Casi nunca lo hacemos con mala intención. Pensamos que estamos siendo realistas. Incluso creemos que estamos ayudando. Pero hace tiempo que me pregunto si no hemos confundido el pensamiento crítico con la costumbre de encontrar siempre el “pero”.
Hace años leí una idea de Edward de Bono que todavía me acompaña. Hablaba del sombrero negro, ese que busca riesgos, detecta errores y nos obliga a preguntarnos qué puede salir mal. Es un sombrero imprescindible.
El problema no es ponérselo.
El problema es olvidarnos de quitárnoslo.
Cuando toda idea recibe antes una objeción que una pregunta, cuando cualquier cambio despierta más sospecha que curiosidad, el sombrero deja de ser una herramienta para convertirse en una forma de mirar el mundo.
Y la mente aprende exactamente eso.
Desde la psicología sabemos que el cerebro se especializa en aquello que practica. Si entrenamos nuestra atención para detectar problemas, acabaremos siendo extraordinariamente buenos encontrándolos. No porque la realidad sea únicamente problemática, sino porque hemos aprendido a observarla desde una única ventana.
En terapia narrativa hablamos de las historias saturadas por el problema. El problema existe, pero ocupa tanto espacio que deja fuera cualquier otra historia posible.
Y me pregunto si no nos ocurre algo parecido cuando hablamos de Canarias.
“Es que los canarios somos así.”
Es una frase que cada vez me incomoda más.
No porque crea que no tengamos defectos. Los tenemos, como cualquier pueblo. Me incomoda porque deja de describir una realidad para empezar a construirla. Convierte una historia en una identidad.
Canarias lleva siglos aprendiendo a resistir. Hemos conocido la emigración, la dependencia económica, la distancia de los centros donde se toman muchas decisiones y la necesidad de adaptarnos una y otra vez. Sería ingenuo pensar que esa historia no deja huella en la forma en que un pueblo aprende a mirar el futuro.
Pero las estrategias que sirven para sobrevivir no siempre sirven para construir.
Quizá por eso la queja resulta tan seductora.
Nos permite señalar al responsable. Compartir el malestar. Sentir que hemos participado simplemente por haber encontrado el problema.
La queja es el analgésico de la inacción.
Alivia la conciencia sin obligarnos a cambiar nada.
La veo en la política, donde a veces parece más rentable denunciar que proponer. La veo en las asociaciones que dedican más tiempo a enumerar obstáculos que a construir alianzas. La veo en los negocios, cuando una idea recibe antes un «eso aquí no funciona» que un «¿qué tendría que pasar para que funcionara?». La veo en las familias, cuando educamos más para evitar errores que para desarrollar confianza.

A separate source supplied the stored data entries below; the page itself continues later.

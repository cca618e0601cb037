// The canonical form and the pointer base of a type, by its number.
ghost use Rattle.std.specs.Prelude.{◌≡◌};
ghost use Rattle.rule_types.specs.Canonical.{base_of_form, pointer_base_in, form_given, canonical_of_form};
ghost use Rattle.rule_types.specs.Canonical.{canonical_type_in};

use super::canonical::canonical_form;
use answers::{CanonicalType, PointerBase, TypeError};
use archive::Starts;
use archive_access::families::{is_type, type_at};
use ir::{TypeInner, TypeNumber, TypeResolution};
use rule_types::CanonicalForm;

fn base_of_form(form: Option<TypeInner>) -> PointerBase
    ensures { result ≡ base_of_form form }
{
    match form {
        Some(t) => Ok(t.pointer_base_type()),
        None => Err(TypeError::Newer),
    }
}

// The base of type n: its number or a value, or that type n is no pointer.
#[tactic(auto, unfolding(rule_types::specs::Canonical::pointer_base_in))]
pub fn pointer_base(frames: &[u8], s: Starts, n: TypeNumber) -> PointerBase
    ensures { result ≡ pointer_base_in frames.now s n }
{
    if !is_type(s, n) {
        return Err(TypeError::Index);
    }
    base_of_form(type_at(frames, s, n))
}

fn form_given(n: TypeNumber, form: CanonicalForm) -> CanonicalType
    ensures { result ≡ form_given n form }
{
    match form {
        CanonicalForm::None => Ok(TypeResolution::Handle(n)),
        CanonicalForm::Some(t) => Ok(TypeResolution::Value(t)),
        CanonicalForm::Newer => Err(TypeError::Newer),
    }
}

fn canonical_of_form(
    frames: &[u8],
    s: Starts,
    n: TypeNumber,
    form: Option<TypeInner>,
) -> CanonicalType
    ensures { result ≡ canonical_of_form frames.now s n form }
{
    match form {
        Some(t) => form_given(n, canonical_form(t, frames, s)),
        None => Err(TypeError::Newer),
    }
}

// The canonical form of type n.
#[tactic(auto, unfolding(rule_types::specs::Canonical::canonical_type_in))]
pub fn canonical_type(frames: &[u8], s: Starts, n: TypeNumber) -> CanonicalType
    ensures { result ≡ canonical_type_in frames.now s n }
{
    if is_type(s, n) {
        canonical_of_form(frames, s, n, type_at(frames, s, n))
    } else {
        Err(TypeError::Index)
    }
}
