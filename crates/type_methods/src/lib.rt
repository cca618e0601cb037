// Code on types: what an answer shows where it is looked into (forms), canonical forms and pointer bases
// (proc/type_methods.rs, lines 193 to 230 and 299 to 339), and whether two types are the same: the source's
// compare_types (proc/typifier.rs, lines 841 to 864) and non_struct_equivalent (proc/type_methods.rs, lines 341 to
// 356). Two frames handed in get their 5 or 6 first.
#![tactic(auto)]

pub mod by_number;
pub mod canonical;
pub mod compare;
pub mod forms;
pub mod handed;
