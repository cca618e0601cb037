// The typing program: reads a file from standard input and prints what typing it hands back, a line for each row and
// one more after a compose; for a file that is not accepted, one line with its number and place. Its arguments, in
// either order, are the limit of frames and `wgsl`, for the second pass; each may be left out. Reads no more than one
// byte over the longest file; its buffer for lines has room for any file's.
#![tactic(auto)]

use answers::{MAX_LINE_BYTES, MAX_TEXT_BYTES};
use file_lines::type_text;
use program_limit::Asked;
use program_limit::arguments::asked;
use program_limit::input::read_full;
use rule_rows::Pass;
use std::io;

fn print_types(rt: &impl Print, text: &[u8], limit: u32, pass: Pass) -> io::Result<()> {
    let mut lines = [0u8; MAX_LINE_BYTES];
    if let Some(n) = type_text(text, limit, pass, &mut lines) {
        rt.write_all(&lines[..n])?;
    }
    Ok(())
}

fn main(rt: HostRuntime) -> io::Result<()> {
    if let Some(Asked { limit, wgsl }) = asked(&rt)? {
        let pass = if wgsl { Pass::Second } else { Pass::First };
        let mut text = [0u8; MAX_TEXT_BYTES + 1];
        let n = read_full(&mut rt.reader(), &mut text)?;
        print_types(&rt, &text[..n], limit, pass)?;
    }
    Ok(())
}
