/// A call wrote these files, and no others of a run with OUT `g`.
fn wrote<R: Abort>(
    rt: &R,
    alloc: Global,
    answer: &Answer,
    written: &[(&str, Content<'_>)],
) -> Result<(), Fail> {
    for &ending in &ENDINGS {
        let name = name_of(alloc, "g", ending)?;
        let expected = expected_of(written, ending);
        let found = answer.bytes(name.as_str());
        assert!(rt; is_as_expected(alloc, found, expected)?, "in {name}");
    }
    Ok(())
}

/// A call with OUT `g` ended so, and wrote these files.
fn came_to<R: Abort>(
    rt: &R,
    alloc: Global,
    answer: &Answer,
    status: u8,
    report: &str,
    written: &[(&str, Content<'_>)],
) -> Result<(), Fail> {
    assert_eq!(rt; answer.status, status);
    assert_eq!(rt; answer.report(), report.as_bytes());
    wrote(rt, alloc, answer, written)
}

/// A run comes to what is told of it.
fn writes_as_told<R: Abort + Threads + Sync>(
    rt: &R,
    alloc: Global,
    one: &Linked<'_>,
) -> Result<(), Fail> {
    let answer = run_job(rt, alloc, one.job, one.inputs)?;
    came_to(rt, alloc, &answer, 0, one.report, one.written)
}

/// Runs of one to four consoles, and what they write.
#[test]
fn consoles_are_linked(rt: HostRuntime) -> Result<(), Fail> {
    writes_as_told(&rt, rt.alloc(), linked_pair())?;
    for one in more_linked() {
        writes_as_told(&rt, rt.alloc(), one)?;
    }
    Ok(())
}

/// The bytes that a call wrote under a name, as a file of the next call's.
fn written_as(
    alloc: Global,
    answer: &Answer,
    name: &str,
    kept: &str,
) -> Result<StoredFile, AllocError> {
    let bytes = answer.bytes(name).unwrap_or(b"".as_slice());
    stored(alloc, kept, Vec::from_slice(alloc, bytes)?)
}

/// A call with OUT `h` wrote the same files as one with OUT `g`.
fn wrote_the_same<R: Abort>(
    rt: &R,
    alloc: Global,
    first: &Answer,
    second: &Answer,
) -> Result<(), Fail> {
    assert_eq!(rt; second.status, 0);
    assert_eq!(rt; second.report(), first.report());
    for &ending in &ENDINGS {
        let one = name_of(alloc, "g", ending)?;
        let other = name_of(alloc, "h", ending)?;
        assert!(rt;
            second.bytes(other.as_str()) == first.bytes(one.as_str()),
            "in {other}"
        );
    }
    Ok(())
}

/// The log of a run is a job, whose run writes the same files and the same log, though the key file is gone.
fn is_run_again<R: Abort + Threads + Sync>(
    rt: &R,
    alloc: Global,
    one: &Linked<'_>,
) -> Result<(), Fail> {
    let first = run_job(rt, alloc, one.job, one.inputs)?;
    let log = written_as(alloc, &first, "g.log", "l")?;
    let files = files_of(alloc, log, one.inputs, "k")?;
    let second = call(rt, alloc, &["run", "l", "h"], files)?;
    wrote_the_same(rt, alloc, &first, &second)
}

#[test]
fn logs_are_run_again(rt: HostRuntime) -> Result<(), Fail> {
    is_run_again(&rt, rt.alloc(), linked_pair())?;
    for one in more_linked() {
        is_run_again(&rt, rt.alloc(), one)?;
    }
    Ok(())
}

/// Digests that the job of two consoles states of an input and of two outputs, and what its run answers and writes.
#[derive(Clone, Copy)]
struct Stated<'a> {
    image: &'a str,
    state: &'a str,
    words: &'a str,
    status: u8,
    report: &'a str,
    written: &'a [(&'a str, Content<'a>)],
}

static STATED: [Stated<'static>; 5] = [
    Stated {
        image: " sha256 043EDF6BCEBF0B42DA22D4B153CBC220EF528093FBC5AD92C215D6018E71B97B",
        state: " sha256 93161088378da68b56390d9ff786dcb5f00451272328744bef0538d2a1c3a3a3",
        words: " sha256 4CEE999209FC00D1E7484C00CD09BAA8F06250C103E845ADFE296696A21D373D",
        status: 0,
        report: TWO_REPORT,
        written: TWO_FILES,
    },
    Stated {
        image: "",
        state: " sha256 1111111111111111111111111111111111111111111111111111111111111111",
        words: "",
        status: 7,
        report: "digest g.0.state stated 1111111111111111111111111111111111111111111111111111111111111111 got 93161088378da68b56390d9ff786dcb5f00451272328744bef0538d2a1c3a3a3\n",
        written: TWO_FILES,
    },
    Stated {
        image: "",
        state: "",
        words: " sha256 93161088378DA68B56390D9FF786DCB5F00451272328744BEF0538D2A1C3A3A3",
        status: 7,
        report: "digest g.1.words stated 93161088378da68b56390d9ff786dcb5f00451272328744bef0538d2a1c3a3a3 got 4cee999209fc00d1e7484c00cd09baa8f06250c103e845adfe296696a21d373d\n",
        written: TWO_FILES,
    },
    Stated {
        image: "",
        state: " sha256 1111111111111111111111111111111111111111111111111111111111111111",
        words: " sha256 1111111111111111111111111111111111111111111111111111111111111111",
        status: 7,
        report: "digest g.0.state stated 1111111111111111111111111111111111111111111111111111111111111111 got 93161088378da68b56390d9ff786dcb5f00451272328744bef0538d2a1c3a3a3\n",
        written: TWO_FILES,
    },
    Stated {
        image: " sha256 93161088378da68b56390d9ff786dcb5f00451272328744bef0538d2a1c3a3a3",
        state: " sha256 1111111111111111111111111111111111111111111111111111111111111111",
        words: "",
        status: 7,
        report: "digest c stated 93161088378da68b56390d9ff786dcb5f00451272328744bef0538d2a1c3a3a3 got 043edf6bcebf0b42da22d4b153cbc220ef528093fbc5ad92c215d6018e71b97b\n",
        written: &[],
    },
];

/// The job of two consoles with these digests.
fn job_of(alloc: Global, one: &Stated<'_>) -> Result<String, AllocError> {
    let (image, state, words) = (one.image, one.state, one.words);
    format!(in alloc;
        "gbalink 1\ncycles 10000\nconsole 0\nbios b\nout words\nout state{state}\nconsole 1\nkeys k\nbios c{image}\nout state\nout words{words}\nend\n"
    )
}

fn is_compared<R: Abort + Threads + Sync>(
    rt: &R,
    alloc: Global,
    one: &Stated<'_>,
) -> Result<(), Fail> {
    let job = job_of(alloc, one)?;
    let answer = run_job(rt, alloc, job.as_str(), TWO_INPUTS)?;
    came_to(rt, alloc, &answer, one.status, one.report, one.written)
}

/// A stated digest that differs: of an input before anything is written, and of an output once all files are whole, the
/// log with the digests of what was written. Of several outputs the first is told, and no summary comes.
#[test]
fn stated_digests_are_compared(rt: HostRuntime) -> Result<(), Fail> {
    for one in &STATED {
        is_compared(&rt, rt.alloc(), one)?;
    }
    Ok(())
}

Poco a poco, la queja deja de ser un desahogo para convertirse en una coartada. Si nada va a cambiar, ¿para qué intentarlo? Sin apenas darnos cuenta, la resignación empieza a disfrazarse de realismo y el inmovilismo encuentra siempre un buen argumento para justificarse.

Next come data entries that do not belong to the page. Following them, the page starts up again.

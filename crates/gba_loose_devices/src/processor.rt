//! The registers of the processor.

ghost use Rattle.std.specs.Prelude.{◌≡◌, slice_index};
ghost use Rattle.gba_psr.specs.Status.{IsStatus};
ghost use Rattle.gba_loose_devices.specs.Whole.{registers_poured};

use crate::values::register;
use gba_numbers::Numbers;
use gba_psr::Registers;

/// The numbers of the registers.
fn values(numbers: &Numbers) -> [u32; 37]
    ensures { result ≡ registers_poured numbers.now }
{
    let mut values = [0; 37];
    for place in 0..37 {
        values[place] = register(numbers, place as u32);
    }
    values
}

/// The registers of the processor. CPSR has to have no bits but the stored ones, and one of the seven modes.
pub fn registers(numbers: &Numbers) -> Registers
    requires { IsStatus (slice_index (registers_poured numbers.now) 31) }
    ensures { result ≡ registers_poured numbers.now }
{
    Registers::of(&values(numbers))
}
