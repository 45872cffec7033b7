//! Registers and memory before a halfword.

use crate::regions::Regions;
use gba_bus::{Bus, Width};
use gba_psr::Registers;

/// Registers with this r15, CPSR and r0 to r2; r13 is 02000004h and r14 03000041h.
pub fn at(address: u32, status: u32, low: [u32; 3]) -> Registers {
    let mut registers = Registers::reset();
    registers.set_cpsr(status);
    let [r0, r1, r2] = low;
    registers.set(0, r0);
    registers.set(1, r1);
    registers.set(2, r2);
    registers.set(13, 0x0200_0004);
    registers.set(14, 0x0300_0041);
    registers.set(15, address);
    registers
}

/// Memory where the first 64 bytes at 02000000h and 08000000h are 11h, 22h, 33h and so on, modulo 256.
pub fn patterned() -> Regions {
    let mut regions = Regions::new();
    for number in 0..64 {
        for first in [0x0200_0000, 0x0800_0000] {
            let _ = regions.store(first + number, Width::Byte, 0x11 * (number + 1), false);
        }
    }
    regions
}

En consulta suelo repetir una idea que me acompaña desde hace años: el incendio nunca es de la persona; es el sistema que la rodea. Quizá con los pueblos ocurra exactamente lo mismo. La queja no nace de la nada. Tiene una historia, un contexto y unas razones. Sería injusto ignorarlas. Pero comprender una historia nunca ha significado quedarse a vivir en ella.
Las historias pueden heredarse. También pueden discutirse, desobedecerse y, sobre todo, reescribirse. Ahí reside la diferencia entre una identidad y un destino. La identidad explica parte de quiénes somos; el destino nos hace creer que no podemos ser de otra manera.
Por eso creo que ningún pueblo cambia el día que encuentra un nuevo motivo para quejarse. Cambia cuando deja de utilizar su historia como una explicación para no actuar y empieza a convertirla en el punto de partida para construir algo diferente.
La historia nos explica. La acción nos transforma.